A shoe phone is a shoe that has a telephone within it. The concept was popularized by the 1960s television series Get Smart, which used the shoe phone as a parody of the spy gadgets portrayed in the James Bond films, but there is no evidence that shoe phones have ever actually been used in espionage. Modern mobile phone technology has allowed for the development and production of working shoe phones.

==Get Smart==

On Get Smart, the use of a shoe phone is a gimmick of the show's main character, Maxwell Smart (played by Don Adams), a secret agent who has need to conceal a communication device. Removing the shoe's sole exposed a telephone handset and dial.

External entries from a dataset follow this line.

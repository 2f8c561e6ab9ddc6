//! The answers of a script as text.
ghost use Rattle.std.specs.Prelude.{◌≡◌, Some};
ghost use Rattle.scenario.specs.Texts.{how_text as text_of_how, left_text, name_in, object_text, plain_text as text_of_plain, refusal_text as text_of_refusal, refused_text, row_text, said_text, standing_text as text_of_standing, hash_text};

use crate::answers::{Row, Said};
use lock_manager::{Acquired, How, Refusal, SessionId, SlotRow, TableRow, Tag, Unlocked};
use lock_script::{Name, NamedObject, Names};
use std::fmt;

/// What a session in the way does with its mode, by `how`.
pub fn how_text(how: How) -> &'static str
    ensures { result.now ≡ text_of_how how }
{
    match how {
        How::Held => "held",
        How::Awaited => "awaited",
    }
}

/// Whether the session of a row has the lock, by `granted`, or awaits it.
fn standing_text(granted: bool) -> &'static str
    ensures { result.now ≡ text_of_standing granted }
{
    if granted { "granted" } else { "awaited" }
}

/// The text of `refusal`, before what it names.
pub fn refusal_text(refusal: Refusal) -> &'static str
    ensures { result.now ≡ text_of_refusal refusal }
{
    match refusal {
        Refusal::Conflict { .. } => "conflict",
        Refusal::NoMemory => "no memory",
        Refusal::LocalFull => "local table full",
        Refusal::CountFull => "count full",
        Refusal::SimpleDeadlock { .. } => "simple deadlock",
        Refusal::Cancelled => "cancelled",
        Refusal::NotHeld => "not held",
        Refusal::Busy => "busy",
        Refusal::SlotsFull => "slots full",
        Refusal::StrongCounted => "strong lock counted",
        Refusal::NotEligible => "not eligible",
        Refusal::NoMoreSessions => "no more sessions",
        Refusal::BadConfig => "bad config",
        Refusal::TooDeep => "too deep",
        Refusal::NoNested => "no nested transaction",
    }
}

/// The name of `session`, which a row or a refusal speaks of, among `names`. Each session was opened under a
/// name.
pub fn name_of(names: &Names, session: SessionId) -> Name
    ensures { result.bytes ≡ name_in names.now session }
{
    names.sessions.name(session).unwrap_or(Name::new())
}

/// The text of `said` where that is fixed words alone, and else an empty text.
pub fn plain_text(said: Said) -> &'static str
    ensures { result.now ≡ text_of_plain said }
{
    match said {
        Said::Acquired(Acquired::Granted) => "granted",
        Said::Acquired(Acquired::AlreadyHeld) => "already held",
        Said::Waits => "waits",
        Said::GrantedAfterWaiting => "granted after waiting",
        Said::Cancelled => "cancelled",
        Said::Waiters(true) => "waiters yes",
        Said::Waiters(false) => "waiters no",
        Said::Unlocked(Unlocked::Released) => "released",
        Said::Unlocked(Unlocked::StillHeld) => "still held",
        Said::Committed => "committed",
        Said::Aborted => "aborted",
        Said::Closed => "closed",
        Said::Opened { .. }
        | Said::Asked(_)
        | Said::UnlockedAll(_)
        | Said::Level(_)
        | Said::Owned { .. }
        | Said::NotOwned(_)
        | Said::Refused(_) => "",
    }
}

/// The text of what a session is answered, without the session's own name. Other sessions are known by
/// `names`.
#[derive(Clone, Copy, Drop)]
pub struct SaidText<'a> {
    pub names: &'a Names,
    pub said: Said,
}

impl fmt::Display for SaidText<'_> {
    ghost output = { λ it. Some (said_text it.names.now it.said) };

    fn fmt<W: fmt::Write>(&self, f: &mut fmt::Formatter<W>) -> fmt::Result {
        match self.said {
            Said::Opened { session, database } => {
                let number = session.number();
                write!(f, "session {number} database {database}")
            }
            Said::Asked(other) => write!(f, "asked {other}"),
            Said::UnlockedAll(released) => write!(f, "released {released}"),
            Said::Level(level) => write!(f, "level {level}"),
            Said::Owned {
                of_transaction,
                of_session,
            } => write!(f, "transaction {of_transaction} session {of_session}"),
            Said::NotOwned(mode) => write!(f, "you don't own a lock of type {mode}"),
            Said::Refused(refusal) => {
                let names = self.names;
                let refused = RefusedText { names, refusal };
                write!(f, "{refused}")
            }
            plain => write!(f, "{}", plain_text(plain)),
        }
    }
}

/// The text of `refusal`, in which sessions go by `names`.
#[derive(Clone, Copy, Drop)]
struct RefusedText<'a> {
    names: &'a Names,
    refusal: Refusal,
}

impl fmt::Display for RefusedText<'_> {
    ghost output = { λ it. Some (refused_text it.names.now it.refusal) };

    fn fmt<W: fmt::Write>(&self, f: &mut fmt::Formatter<W>) -> fmt::Result {
        let number = self.refusal.number();
        let text = refusal_text(self.refusal);
        match &self.refusal {
            Refusal::Conflict { session, mode, how } => {
                let other = name_of(self.names, *session);
                let how = how_text(*how);
                write!(f, "refused {number} {text} {other} {mode} {how}")
            }
            Refusal::SimpleDeadlock { session } => {
                let other = name_of(self.names, *session);
                write!(f, "refused {number} {text} {other}")
            }
            _ => write!(f, "refused {number} {text}"),
        }
    }
}

/// An object, as text: the name that the script gave it, or else its tag.
#[derive(Clone, Copy, Drop)]
pub struct ObjectText<'a> {
    pub names: &'a Names,
    pub tag: Tag,
}

impl fmt::Display for ObjectText<'_> {
    ghost output = { λ it. Some (object_text it.names.now it.tag) };

    fn fmt<W: fmt::Write>(&self, f: &mut fmt::Formatter<W>) -> fmt::Result {
        match self.names.objects.name_of(self.tag) {
            Some(name) => write!(f, "{name}"),
            None => write!(f, "{}", self.tag),
        }
    }
}

/// A row of an answer, as text. The row's sessions and objects are known by `names`.
#[derive(Clone, Copy, Drop)]
pub struct RowText<'a> {
    pub names: &'a Names,
    pub row: Row,
}

impl fmt::Display for RowText<'_> {
    ghost output = { λ it. Some (row_text it.names.now it.row) };

    fn fmt<W: fmt::Write>(&self, f: &mut fmt::Formatter<W>) -> fmt::Result {
        let names = self.names;
        match self.row {
            Row::Slot(row) => {
                let name = name_of(names, row.session);
                let SlotRow {
                    slot,
                    tag,
                    mode,
                    ..
                } = row;
                let object = ObjectText { names, tag };
                write!(f, "fast {name} {slot} {object} {mode}")
            }
            Row::Table(row) => {
                let name = name_of(names, row.session);
                let how = standing_text(row.granted);
                let TableRow { tag, mode, .. } = row;
                let object = ObjectText { names, tag };
                write!(f, "table {name} {object} {mode} {how}")
            }
            Row::Rows(rows) => write!(f, "rows {rows}"),
            Row::Wait(row) => {
                let name = name_of(names, row.session);
                let mode = row.mode;
                write!(f, "queue {name} {mode}")
            }
            Row::Waits(waits) => write!(f, "waits {waits}"),
            Row::InTheWay(name, blocker) => {
                let who = name_of(names, blocker.session);
                let mode = blocker.mode;
                let how = how_text(blocker.how);
                write!(f, "{name} waits for {who} {mode} {how}")
            }
            Row::NotWaiting(name) => write!(f, "{name} isn't waiting"),
            Row::Counter { index, shown } => write!(f, "strong {index} {shown}"),
            Row::Hash(tag) => {
                let hash = HashText { tag };
                write!(f, "{hash}")
            }
            Row::Named(NamedObject { name, tag }) => write!(f, "name {name} {tag}"),
        }
    }
}

/// The hash of an object with its partition and its strong lock counter, as text.
#[derive(Clone, Copy, Drop)]
struct HashText {
    tag: Tag,
}

impl fmt::Display for HashText {
    ghost output = { λ it. Some (hash_text it.tag) };

    fn fmt<W: fmt::Write>(&self, f: &mut fmt::Formatter<W>) -> fmt::Result {
        let hash = self.tag.hash();
        let partition = self.tag.partition();
        let strong = self.tag.strong_index();
        write!(f, "hash {hash} partition {partition} strong {strong}")
    }
}

/// Who waits at the end of a script, and how many lines of theirs were not reached, as text.
#[derive(Clone, Copy, Drop)]
pub struct LeftText<'a> {
    pub first: Name,
    /// The others that wait.
    pub others: &'a [Name],
    pub lines: u64,
}

impl fmt::Display for LeftText<'_> {
    ghost output = { λ it. Some (left_text it.first it.others.now it.lines) };

    fn fmt<W: fmt::Write>(&self, f: &mut fmt::Formatter<W>) -> fmt::Result {
        let first = self.first;
        write!(f, "left waiting: {first}")?;
        'others: for name in self.others {
            write!(f, ", {name}")?;
        }
        match self.lines {
            0 => Ok(()),
            1 => write!(f, "; not reached: 1 line"),
            lines => write!(f, "; not reached: {lines} lines"),
        }
    }
}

A shoe phone of the sort depicted by Get Smart would almost certainly not have been possible at the time of the show (1965–1970). Like many gadgets depicted in the series, the shoe phone was a parody of communication gadgets in James Bond films, which were themselves often fantastical.

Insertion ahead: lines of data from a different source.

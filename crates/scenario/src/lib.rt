//! Scripts on the lock manager: what each command of a script does to its sessions, and what it prints.
#![tactic(auto)]

mod answers;
mod calls;
mod desks;
mod driver;
mod json;
mod kept;
mod listener;
mod output;
mod picture;
mod run;
mod runs;
mod sessions;
mod sql_runs;
mod style;
mod summary;
mod text;
mod waits;
mod written;

pub use answers::{Answer, Row, Said};
pub use desks::{OnceDesk, ReusingDesk, ScriptDesk};
pub use driver::{Act, drive};
pub use json::picture_line;
pub use listener::{Listener, tell_answer};
pub use output::Output;
pub use picture::Picture;
pub use run::Scene;
pub use runs::{Keeping, Manner, Script, Turns, run_in_turn, run_script, run_styled_script};
pub use sessions::{Action, ScriptState};
pub use style::{DRAWINGS, Drawing, Form, Pen, Style};
pub use summary::{Obstacle, Summary, WaitEnd, WaitRow};
pub use text::{RowText, SaidText, refusal_text};
pub use written::what_is_heard_is_written;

When the Central Intelligence Agency announced that one of Don Adams' prop shoe phones would be placed on display at the CIA Museum, the agency dismissed any link to actual spy equipment and said shoe phones and other such gadgets were "but fantasy precursors to today’s wireless communications".

==Sneaker phone==

Sports Illustrateds Sneaker Phone

In the 1990s, Sports Illustrated developed and promoted a "Sneaker Phone", a sports shoe that included a (corded) phone. The company began a television campaign to promote a special deal whereby consumers who subscribed to their magazine received a free Sneaker Phone. The product was created for Sports Illustrated by Kinetic Marketing Inc., a firm known for creating promotional products for large magazines throughout the 1980s and 1990s.